• **THE PROBLEM**: If a line in the records below contains the word "OfflineError", copy it.

• **DATA FOR THE TASK**:
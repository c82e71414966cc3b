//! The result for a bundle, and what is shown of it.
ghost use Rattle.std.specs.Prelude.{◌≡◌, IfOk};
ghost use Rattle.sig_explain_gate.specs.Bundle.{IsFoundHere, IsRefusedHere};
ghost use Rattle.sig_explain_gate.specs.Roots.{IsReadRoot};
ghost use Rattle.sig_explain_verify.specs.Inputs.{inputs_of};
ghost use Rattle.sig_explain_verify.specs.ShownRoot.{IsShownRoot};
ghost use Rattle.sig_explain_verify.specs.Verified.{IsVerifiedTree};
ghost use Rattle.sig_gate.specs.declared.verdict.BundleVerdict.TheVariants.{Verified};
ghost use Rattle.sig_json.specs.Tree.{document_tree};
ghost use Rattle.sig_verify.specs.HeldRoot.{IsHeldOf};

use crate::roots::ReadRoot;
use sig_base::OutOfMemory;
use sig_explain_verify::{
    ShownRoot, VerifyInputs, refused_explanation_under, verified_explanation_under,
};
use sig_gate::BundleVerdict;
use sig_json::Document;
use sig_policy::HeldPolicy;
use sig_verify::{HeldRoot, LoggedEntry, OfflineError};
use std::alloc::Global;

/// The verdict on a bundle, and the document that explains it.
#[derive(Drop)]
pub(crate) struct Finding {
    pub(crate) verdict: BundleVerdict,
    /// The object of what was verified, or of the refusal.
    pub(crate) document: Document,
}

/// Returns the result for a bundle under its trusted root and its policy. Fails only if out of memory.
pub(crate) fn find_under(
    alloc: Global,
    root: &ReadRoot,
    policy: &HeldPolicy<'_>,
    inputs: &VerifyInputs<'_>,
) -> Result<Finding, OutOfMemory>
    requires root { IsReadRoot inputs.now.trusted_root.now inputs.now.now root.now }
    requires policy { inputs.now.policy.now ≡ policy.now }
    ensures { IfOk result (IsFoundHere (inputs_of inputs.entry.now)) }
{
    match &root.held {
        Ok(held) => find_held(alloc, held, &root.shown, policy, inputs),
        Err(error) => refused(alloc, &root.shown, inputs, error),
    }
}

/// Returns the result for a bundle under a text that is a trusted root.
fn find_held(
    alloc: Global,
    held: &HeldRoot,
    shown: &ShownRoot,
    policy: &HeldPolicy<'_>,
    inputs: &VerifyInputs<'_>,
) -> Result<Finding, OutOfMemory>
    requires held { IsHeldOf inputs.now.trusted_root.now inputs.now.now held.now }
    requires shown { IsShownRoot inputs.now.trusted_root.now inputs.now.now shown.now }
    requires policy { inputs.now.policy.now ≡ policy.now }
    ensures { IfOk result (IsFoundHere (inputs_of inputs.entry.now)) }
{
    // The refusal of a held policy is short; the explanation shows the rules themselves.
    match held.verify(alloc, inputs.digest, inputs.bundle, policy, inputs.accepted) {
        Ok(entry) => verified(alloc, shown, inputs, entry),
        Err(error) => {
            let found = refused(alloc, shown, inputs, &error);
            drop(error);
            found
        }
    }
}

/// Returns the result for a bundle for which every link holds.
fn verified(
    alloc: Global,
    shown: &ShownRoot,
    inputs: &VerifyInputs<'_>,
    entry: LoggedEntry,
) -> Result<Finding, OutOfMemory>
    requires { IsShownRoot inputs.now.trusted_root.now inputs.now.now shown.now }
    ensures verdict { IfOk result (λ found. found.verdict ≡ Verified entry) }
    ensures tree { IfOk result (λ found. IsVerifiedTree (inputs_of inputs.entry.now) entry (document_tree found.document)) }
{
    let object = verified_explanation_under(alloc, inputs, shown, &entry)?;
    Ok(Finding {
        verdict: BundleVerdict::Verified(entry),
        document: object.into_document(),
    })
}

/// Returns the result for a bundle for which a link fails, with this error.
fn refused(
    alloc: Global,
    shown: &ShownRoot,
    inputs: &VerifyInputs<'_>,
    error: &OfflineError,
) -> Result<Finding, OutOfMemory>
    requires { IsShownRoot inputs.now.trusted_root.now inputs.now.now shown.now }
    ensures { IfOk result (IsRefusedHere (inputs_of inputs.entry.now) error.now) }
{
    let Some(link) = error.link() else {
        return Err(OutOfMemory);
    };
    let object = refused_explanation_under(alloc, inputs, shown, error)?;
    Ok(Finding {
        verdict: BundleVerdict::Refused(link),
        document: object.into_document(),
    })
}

* * *

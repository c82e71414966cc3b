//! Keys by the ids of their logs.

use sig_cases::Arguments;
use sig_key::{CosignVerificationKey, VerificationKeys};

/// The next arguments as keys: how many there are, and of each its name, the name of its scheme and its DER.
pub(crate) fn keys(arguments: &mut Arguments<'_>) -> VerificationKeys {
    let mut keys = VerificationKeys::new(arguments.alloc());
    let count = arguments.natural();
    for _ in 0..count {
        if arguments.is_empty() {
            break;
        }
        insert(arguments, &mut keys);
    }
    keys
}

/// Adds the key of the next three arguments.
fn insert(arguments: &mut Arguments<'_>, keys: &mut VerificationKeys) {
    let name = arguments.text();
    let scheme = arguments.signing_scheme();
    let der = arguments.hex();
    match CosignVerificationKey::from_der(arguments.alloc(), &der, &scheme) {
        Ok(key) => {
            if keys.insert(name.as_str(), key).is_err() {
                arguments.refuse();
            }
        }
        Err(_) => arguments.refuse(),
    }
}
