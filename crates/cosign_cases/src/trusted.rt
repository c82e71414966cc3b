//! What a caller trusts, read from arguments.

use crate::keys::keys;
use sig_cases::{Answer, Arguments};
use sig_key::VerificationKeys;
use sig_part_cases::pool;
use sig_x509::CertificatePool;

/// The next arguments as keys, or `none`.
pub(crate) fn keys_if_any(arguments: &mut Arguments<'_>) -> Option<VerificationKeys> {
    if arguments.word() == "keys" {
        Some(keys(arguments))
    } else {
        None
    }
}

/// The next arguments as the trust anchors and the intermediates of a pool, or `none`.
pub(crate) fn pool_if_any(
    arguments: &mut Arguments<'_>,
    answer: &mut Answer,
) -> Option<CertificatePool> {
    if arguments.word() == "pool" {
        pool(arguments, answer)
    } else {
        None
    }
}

==

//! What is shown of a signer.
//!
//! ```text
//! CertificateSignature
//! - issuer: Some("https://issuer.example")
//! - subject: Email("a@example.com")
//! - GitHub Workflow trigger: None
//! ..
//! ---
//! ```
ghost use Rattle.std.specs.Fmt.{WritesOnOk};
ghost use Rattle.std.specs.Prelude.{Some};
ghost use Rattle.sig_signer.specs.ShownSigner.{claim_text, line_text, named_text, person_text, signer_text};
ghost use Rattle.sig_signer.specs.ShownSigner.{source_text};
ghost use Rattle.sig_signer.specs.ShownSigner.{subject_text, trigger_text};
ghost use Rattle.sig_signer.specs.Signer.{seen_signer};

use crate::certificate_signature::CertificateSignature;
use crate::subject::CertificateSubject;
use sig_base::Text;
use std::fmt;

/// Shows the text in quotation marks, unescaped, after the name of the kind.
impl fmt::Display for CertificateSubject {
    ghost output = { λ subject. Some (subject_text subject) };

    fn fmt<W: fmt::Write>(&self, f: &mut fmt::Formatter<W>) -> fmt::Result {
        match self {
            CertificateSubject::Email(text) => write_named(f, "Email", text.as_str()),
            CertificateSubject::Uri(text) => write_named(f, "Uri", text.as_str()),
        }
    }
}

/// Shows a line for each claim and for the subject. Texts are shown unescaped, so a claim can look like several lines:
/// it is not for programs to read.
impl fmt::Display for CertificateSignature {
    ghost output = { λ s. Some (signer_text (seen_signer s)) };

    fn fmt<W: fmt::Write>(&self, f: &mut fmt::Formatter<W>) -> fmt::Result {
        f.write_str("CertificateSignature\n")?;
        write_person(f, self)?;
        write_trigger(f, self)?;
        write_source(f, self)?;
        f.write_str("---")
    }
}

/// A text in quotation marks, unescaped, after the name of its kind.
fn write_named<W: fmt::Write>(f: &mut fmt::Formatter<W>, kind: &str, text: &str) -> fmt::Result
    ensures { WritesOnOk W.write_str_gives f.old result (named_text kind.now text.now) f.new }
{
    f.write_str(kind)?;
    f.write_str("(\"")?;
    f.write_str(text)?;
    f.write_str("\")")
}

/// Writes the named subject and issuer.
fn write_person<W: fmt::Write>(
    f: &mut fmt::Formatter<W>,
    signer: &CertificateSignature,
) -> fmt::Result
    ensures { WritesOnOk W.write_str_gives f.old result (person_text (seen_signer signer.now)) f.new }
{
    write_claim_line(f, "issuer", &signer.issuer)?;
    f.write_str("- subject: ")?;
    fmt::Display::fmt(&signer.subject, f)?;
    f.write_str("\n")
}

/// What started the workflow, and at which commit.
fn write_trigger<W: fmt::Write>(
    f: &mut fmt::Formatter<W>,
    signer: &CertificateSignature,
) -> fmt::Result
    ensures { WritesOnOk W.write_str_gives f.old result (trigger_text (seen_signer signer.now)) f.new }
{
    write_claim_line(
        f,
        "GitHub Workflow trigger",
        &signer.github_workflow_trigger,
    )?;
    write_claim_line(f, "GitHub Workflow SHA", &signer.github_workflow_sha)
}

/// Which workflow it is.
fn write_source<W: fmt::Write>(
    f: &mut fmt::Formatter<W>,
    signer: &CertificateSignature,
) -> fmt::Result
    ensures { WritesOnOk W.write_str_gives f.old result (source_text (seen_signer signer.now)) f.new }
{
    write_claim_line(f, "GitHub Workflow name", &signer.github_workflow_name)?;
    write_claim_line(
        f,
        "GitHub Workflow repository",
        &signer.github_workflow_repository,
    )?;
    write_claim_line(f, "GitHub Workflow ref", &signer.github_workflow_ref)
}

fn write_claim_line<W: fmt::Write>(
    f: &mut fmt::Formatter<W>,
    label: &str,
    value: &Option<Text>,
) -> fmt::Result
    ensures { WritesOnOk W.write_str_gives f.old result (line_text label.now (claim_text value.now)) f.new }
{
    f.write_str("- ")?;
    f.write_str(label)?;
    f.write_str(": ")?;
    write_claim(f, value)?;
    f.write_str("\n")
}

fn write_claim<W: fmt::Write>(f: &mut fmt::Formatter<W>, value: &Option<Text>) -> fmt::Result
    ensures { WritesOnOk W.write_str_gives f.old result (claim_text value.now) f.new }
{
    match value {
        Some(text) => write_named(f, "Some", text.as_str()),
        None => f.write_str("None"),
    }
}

• **RESULT FOR THIS TASK**:
use sig_verify::{HeldRoot, LoggedEntry, OfflineError};
    error: &OfflineError,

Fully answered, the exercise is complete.